Private exchange offerings typically move employees from their companies’ previous self-funded health plans to fully-insured individual arrangements, purporting to offer more flexibility and choice that can adapt to the wide-ranging needs of employees and employers, while creating a more competitive health plan marketplace.
Several recent surveys have reported that employers plan to move aggressively to private exchanges. In a survey last year of more than 700 businesses, the Private Exchange Evaluation Collaborative, a group of regional business health coalitions working with the consulting group PwC, found that 45 percent of employers have implemented or are considering using a private exchange for active employees before 2018. Similarly, a February Aon Plc survey found that, while 95 percent of employers say they expect to continue offering health care for the next 3-5 years, and 5 percent of employers currently use a private exchange, 33 percent say they may consider using one in the future.

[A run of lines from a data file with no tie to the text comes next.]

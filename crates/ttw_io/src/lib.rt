//! Files and sinks: all that the product reads and writes outside itself.
#![tactic(auto)]

mod buffer;
mod line_reader;
#[cfg(test)]
mod line_tests;
mod memory;
mod outside;
mod reading;
mod system;
#[cfg(test)]
mod tests;
mod writing;

pub use buffer::Buffer;
pub use line_reader::{LineEnd, LineReader};
pub use memory::{MemFiles, MemSink, SureFiles, SureSink};
pub use outside::{Failed, Files, Sink};
pub use reading::{ReadEnd, read_all};
pub use system::{DiskFiles, StdSink};
pub use writing::write_all;
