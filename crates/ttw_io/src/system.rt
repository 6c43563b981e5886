//! The files of the machine, and its standard output.

ghost use Rattle.std.specs.Prelude.{◌≡◌, ◌≤◌, length, false, None, IfOk};
ghost use Rattle.ttw_io.specs.Outside.{untold};

use crate::outside::{Failed, Faults, Files, Flushes, Sink};
use std::alloc::{AllocError, Global};
use std::io::{ErrorKind, Read, Seek, SeekFrom, Write};
use std::{fs, io, rt};

/// How many bytes a path has at most, as the system takes it.
const LONGEST_PATH: usize = 4095;

/// An open file, and the place at which its next read begins.
#[derive(Drop)]
struct Opened<F> {
    file: F,
    place: u64,
}

impl<F: Read + Seek> Opened<F> {
    fn read_at(&mut self, at: u64, into: &mut [u8]) -> io::Result<usize>
        ensures { IfOk result (λ n. n ≤ length into.new) }
    {
        if self.place != at {
            self.place = self.file.seek(SeekFrom::Start(at))?;
        }
        let n = self.file.read(into)?;
        self.place = self.place.saturating_add(n as u64);
        Ok(n)
    }
}

/// The files of the machine, by their paths. It tells nothing of what they have.
///
/// The file that was read last stays open, so a file that is read from its front on is opened once.
#[derive(Drop)]
pub struct DiskFiles<R: rt::Files + Drop> {
    rt: R,
    name: String,
    opened: Option<Opened<R::File>>,
    faults: Faults,
}

impl<R: rt::Files + Drop> DiskFiles<R> {
    /// Reserves room for a path.
    pub fn make(alloc: Global, rt: R) -> Result<Self, AllocError>
        ensures { IfOk result (λ d. ⟦<DiskFiles<R> as Files>⟧.faults d ≡ 0) }
    {
        Ok(DiskFiles {
            rt,
            name: String::with_capacity(alloc, LONGEST_PATH)?,
            opened: None,
            faults: Faults::none(),
        })
    }

    /// Opens the file, and keeps its name.
    fn open(&mut self, name: &str) -> io::Result<Opened<R::File>>
        ensures { self.new.faults ≡ self.old.faults }
    {
        if name.len() > self.name.capacity() {
            return Err(io::Error::from(ErrorKind::InvalidInput));
        }
        self.name.clear();
        self.name.push_str(name)?;
        Ok(Opened {
            file: fs::open(&self.rt, name)?,
            place: 0,
        })
    }

    /// Reads from the open file, if it has that name. After an error no file is open.
    fn read(&mut self, name: &str, at: u64, into: &mut [u8]) -> io::Result<usize>
        ensures room { IfOk result (λ n. n ≤ length into.new) }
        ensures count { self.new.faults ≡ self.old.faults }
    {
        let mut opened = match self.opened.take() {
            Some(opened) if self.name.as_str() == name => opened,
            _ => self.open(name)?,
        };
        let n = opened.read_at(at, into)?;
        self.opened = Some(opened);
        Ok(n)
    }
}

impl<R: rt::Files + Drop> Files for DiskFiles<R> {
    ghost contents = { λ _ _. untold };

    ghost faults = { λ d. d.faults };

    fn read_at(&mut self, name: &str, at: u64, into: &mut [u8]) -> Result<usize, Failed> {
        match self.read(name, at, into) {
            Ok(n) => Ok(n),
            Err(_) => Err(self.faults.add()),
        }
    }
}

/// Standard output. It tells nothing of what was written.
#[derive(Drop)]
pub struct StdSink<R> {
    rt: R,
    faults: Faults,
    flushes: Flushes,
}

impl<R: Print> StdSink<R> {
    /// Writes to the runtime's standard output.
    pub fn make(rt: R) -> Self
        ensures count { ⟦<StdSink<R> as Sink>⟧.faults result ≡ 0 }
        ensures flushes { ⟦<StdSink<R> as Sink>⟧.flushes result ≡ 0 }
        ensures unflushed { ⟦<StdSink<R> as Sink>⟧.unflushed result ≡ false }
    {
        StdSink {
            rt,
            faults: Faults::none(),
            flushes: Flushes::none(),
        }
    }
}

impl<R: Print> Sink for StdSink<R> {
    ghost held = { λ _. None };

    ghost faults = { λ s. s.faults };

    ghost flushes = { λ s. s.flushes.calls };

    ghost unflushed = { λ s. s.flushes.unflushed };

    fn write(&mut self, piece: &[u8]) -> Result<usize, Failed> {
        self.flushes.write();
        match self.rt.write_some(piece) {
            Ok(n) if n > 0 || piece.is_empty() => Ok(n),
            _ => Err(self.faults.add()),
        }
    }

    fn flush(&mut self) -> Result<(), Failed> {
        self.flushes.flush();
        if io::writer(&self.rt).flush().is_err() {
            return Err(self.faults.add());
        }
        Ok(())
    }
}
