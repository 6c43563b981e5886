//! A buffer before a sink, so that many short texts need few writes.

ghost use Rattle.std.specs.Prelude.{◌≡◌, ◌+◌, ◌<◌, ◌≤◌, IfOk, OnErr, OnOk, [], length, vec_capacity, vec_len};
ghost use Rattle.std.specs.Io.KnownBytes.{append_known};
ghost use Rattle.std.specs.List.{flat_map};
ghost use Rattle.ttw_io.specs.Buffering.{HasPut, HeldBack, OnlyWrites, WritesAtNeed};
ghost use Rattle.ttw_io.specs.Outside.{AddsFront};

use crate::outside::{Failed, Sink};
use crate::writing::write_all;
use std::alloc::{AllocError, Global};
use std::marker::Model;

/// Bytes that are yet to be written, and how many there is room for. All their memory is taken when
/// the buffer is made.
#[derive(Drop)]
pub struct Buffer {
    bytes: Vec<u8>,
    room: usize,
}

impl Model for Buffer {
    ghost Value = { HeldBack };

    ghost view = { λ b. record { bytes = b.bytes.items; room = b.room } };

    ghost invariant = { (λ b. (vec_len b.bytes ≤ b.room) × (b.room ≤ vec_capacity b.bytes)) };
}

impl Buffer {
    /// An empty buffer with room for so many bytes.
    pub fn make(alloc: Global, room: usize) -> Result<Self, AllocError>
        ensures { IfOk result (λ b. b ≡ record { bytes = []; room = room }) }
    {
        Ok(Buffer {
            bytes: Vec::with_capacity(alloc, room)?,
            room,
        })
    }

    /// Writes all that it holds. After a failure a prefix of it was added.
    pub fn empty<S: Sink>(&mut self, out: &mut S) -> Result<(), Failed>
        ensures ok { OnOk result (S.held out.new ≡ append_known (S.held out.old) self.old.bytes) }
        ensures none_left { OnOk result (self.new.bytes ≡ []) }
        ensures err { OnErr result (AddsFront (S.held out.old) (S.held out.new) self.old.bytes) }

        ensures room { self.new.room ≡ self.old.room }
        ensures sink { OnlyWrites result (S.faults out.old) (S.faults out.new)
            (S.flushes out.old) (S.flushes out.new) }
    {
        write_all(out, self.bytes.as_slice())?;
        self.bytes.clear();
        Ok(())
    }

    /// Puts a text behind the bytes that it holds. Where there is no room for it, those bytes are
    /// written first, and a text that is longer than the whole room is then written too. Nothing is
    /// written otherwise.
    #[inline]
    pub fn put<S: Sink>(&mut self, text: &[u8], out: &mut S) -> Result<(), Failed>
        ensures put { HasPut result (S.held out.old) (S.held out.new) self.old self.new text.now }
        ensures at_need { WritesAtNeed result
            (S.held out.old) (S.held out.new) self.old self.new text.now }

        ensures sink { OnlyWrites result (S.faults out.old) (S.faults out.new)
            (S.flushes out.old) (S.flushes out.new) }
    {
        if text.len() <= self.room - self.bytes.len() {
            self.bytes.extend_from_slice(text).unwrap();
            return Ok(());
        }
        self.put_over(text, out)
    }

    /// Puts a text for which there is no room beside the bytes that it holds.
    #[cold]
    #[inline(never)]
    fn put_over<S: Sink>(&mut self, text: &[u8], out: &mut S) -> Result<(), Failed>
        requires { self.old.room < length self.old.bytes + length text.now }

        ensures put { HasPut result (S.held out.old) (S.held out.new) self.old self.new text.now }
        ensures at_need { WritesAtNeed result
            (S.held out.old) (S.held out.new) self.old self.new text.now }

        ensures sink { OnlyWrites result (S.faults out.old) (S.faults out.new)
            (S.flushes out.old) (S.flushes out.new) }
    {
        self.empty(out)?;
        if text.len() <= self.room {
            self.bytes.extend_from_slice(text).unwrap();
            return Ok(());
        }
        write_all(out, text)
    }

    /// Puts texts, one behind the other, as `put` does with each.
    #[inline]
    pub fn put_all<S: Sink>(&mut self, texts: &[&[u8]], out: &mut S) -> Result<(), Failed>
        ensures put { HasPut result (S.held out.old) (S.held out.new)
            self.old self.new (flat_map (λ t. t.now) texts.now) }

        ensures sink { OnlyWrites result (S.faults out.old) (S.faults out.new)
            (S.flushes out.old) (S.flushes out.new) }
    {
        for text in texts {
            self.put(text, out)?;
        }
        Ok(())
    }
}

My organization, the National Business Coalition on Health (NBCH), is an umbrella for regional business health coalitions around the country, representing about 4,500 employers, unions and local governments and some 35 million people. Working with Benz Communications, an employee benefits communications firm, we surveyed 333 benefits managers, mainly in middle-market (1,000-5,000 employee lives) technology and service firms in the Western and Southeastern US, about how they intend to manage their health plans going forward.
More than half (55 percent) of the respondents indicated they will “never” stop sponsoring employee health plans in favor of giving employees money to buy coverage through a private exchange. Just 5 percent – this number syncs with other surveys – say they already use a private exchange to provide employees’ health benefits. About 8 percent say they’ll consider moving within the next three years.

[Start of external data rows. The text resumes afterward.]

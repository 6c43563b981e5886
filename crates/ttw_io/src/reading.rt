//! Reading a file whole.

ghost use Rattle.std.specs.Prelude.{◌≡◌, ◌≤◌, ◌<◌, ◌^◌, length, IfOk};
ghost use Rattle.ttw_io.specs.Reading.{EndsReading};

use crate::outside::{Failed, Files};
use std::alloc::{AllocError, Global};

/// How many bytes one read asks for at most.
const PIECE: usize = 16384;

/// Why a file was not read whole.
#[derive(Debug, Drop)]
pub enum ReadEnd {
    /// A read failed.
    Failed,
    /// The file is longer than the limit. These are its first bytes, one more than the limit.
    Long(Vec<u8>),
    /// Memory was refused.
    Memory,
}

impl From<Failed> for ReadEnd {
    ghost use Rattle.ttw_io.specs.declared.reading.ReadEnd.TheVariants.{Failed};

    ghost from_gives = { λ _ e. e ≡ Failed };

    fn from(_: Failed) -> Self {
        ReadEnd::Failed
    }
}

impl From<AllocError> for ReadEnd {
    ghost use Rattle.ttw_io.specs.declared.reading.ReadEnd.TheVariants.{Memory};

    ghost from_gives = { λ _ e. e ≡ Memory };

    fn from(_: AllocError) -> Self {
        ReadEnd::Memory
    }
}

/// Reads the file whole, if it has at most `most` bytes.
pub fn read_all<F: Files>(
    alloc: Global,
    files: &mut F,
    name: &str,
    most: u64,
) -> Result<Vec<u8>, ReadEnd>
    requires { most < 2 ^ 63 }
    ensures end { EndsReading (F.contents files.old name.now) most (F.faults files.old) (F.faults files.new) result }
    ensures within { IfOk result (λ bytes. length bytes.items ≤ most) }
    ensures kept { F.contents files.new ≡ F.contents files.old }
    ensures counted { F.faults files.old ≤ F.faults files.new }
{
    let mut bytes = Vec::new(alloc);
    let mut piece = [0; PIECE];
    while (bytes.len() as u64) <= most {
        let at = bytes.len() as u64;
        let room = (most + 1 - at).min(PIECE as u64) as usize;
        let n = files.read_at(name, at, &mut piece[..room])?;
        if n == 0 {
            return Ok(bytes);
        }
        bytes.extend_from_slice(&piece[..n])?;
    }
    Err(ReadEnd::Long(bytes))
}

It remains to be seen whether private exchanges can outperform conventional self-funding arrangements over time. New data from private exchanges – see here and here – claim 5-plus percent health plan cost savings, but we don’t know whether those numbers will be seen across the sector, or whether they’ll be sustainable.
Analyst and former health insurance executive Robert Laszewski has been openly skeptical, arguing that these structures do little to make health care cost less and much to make it cost more. In addition to the added costs of state mandates and risk management that individual, fully insured plans must deal with, individual products have higher health plan “expense factors,” meaning the costs of handling an individual an individual rather than a group policy. He notes:
Individual products operate on an expense factor of as much as 20 percent and small group plans as much as 15 percent. Moving away from self-insurance and to an individual choice platform will increase the expense factor leaving the employee less money for benefits.
There are other issues as well. While, admittedly, employer and union health plan sponsors have not, as a whole, been assertive health care purchasers in the past, they represent powerful market potential to reward organizations that deliver high value and withhold that support from those that do not. The US’ regulatory environment has effectively been “captured” by the health care industry, and a steady stream of information has made it clear that our health care delivery and finance systems are characterized by excesses that make our costs double those of other developed nations. One important question is whether, by moving the center of health care power from group to individual purchasers, we abrogate our ability to push back effectively against a health care industry already pre-disposed to excess.
I cannot explain why the NBCH/Benz survey results suggest much lower purchaser inclination to move to private exchanges. But they raise the possibility that there is an alternative view of what is possible in health care, and that self-funding and a willingness to continue trying to control the health care value monster remains alive and vibrant.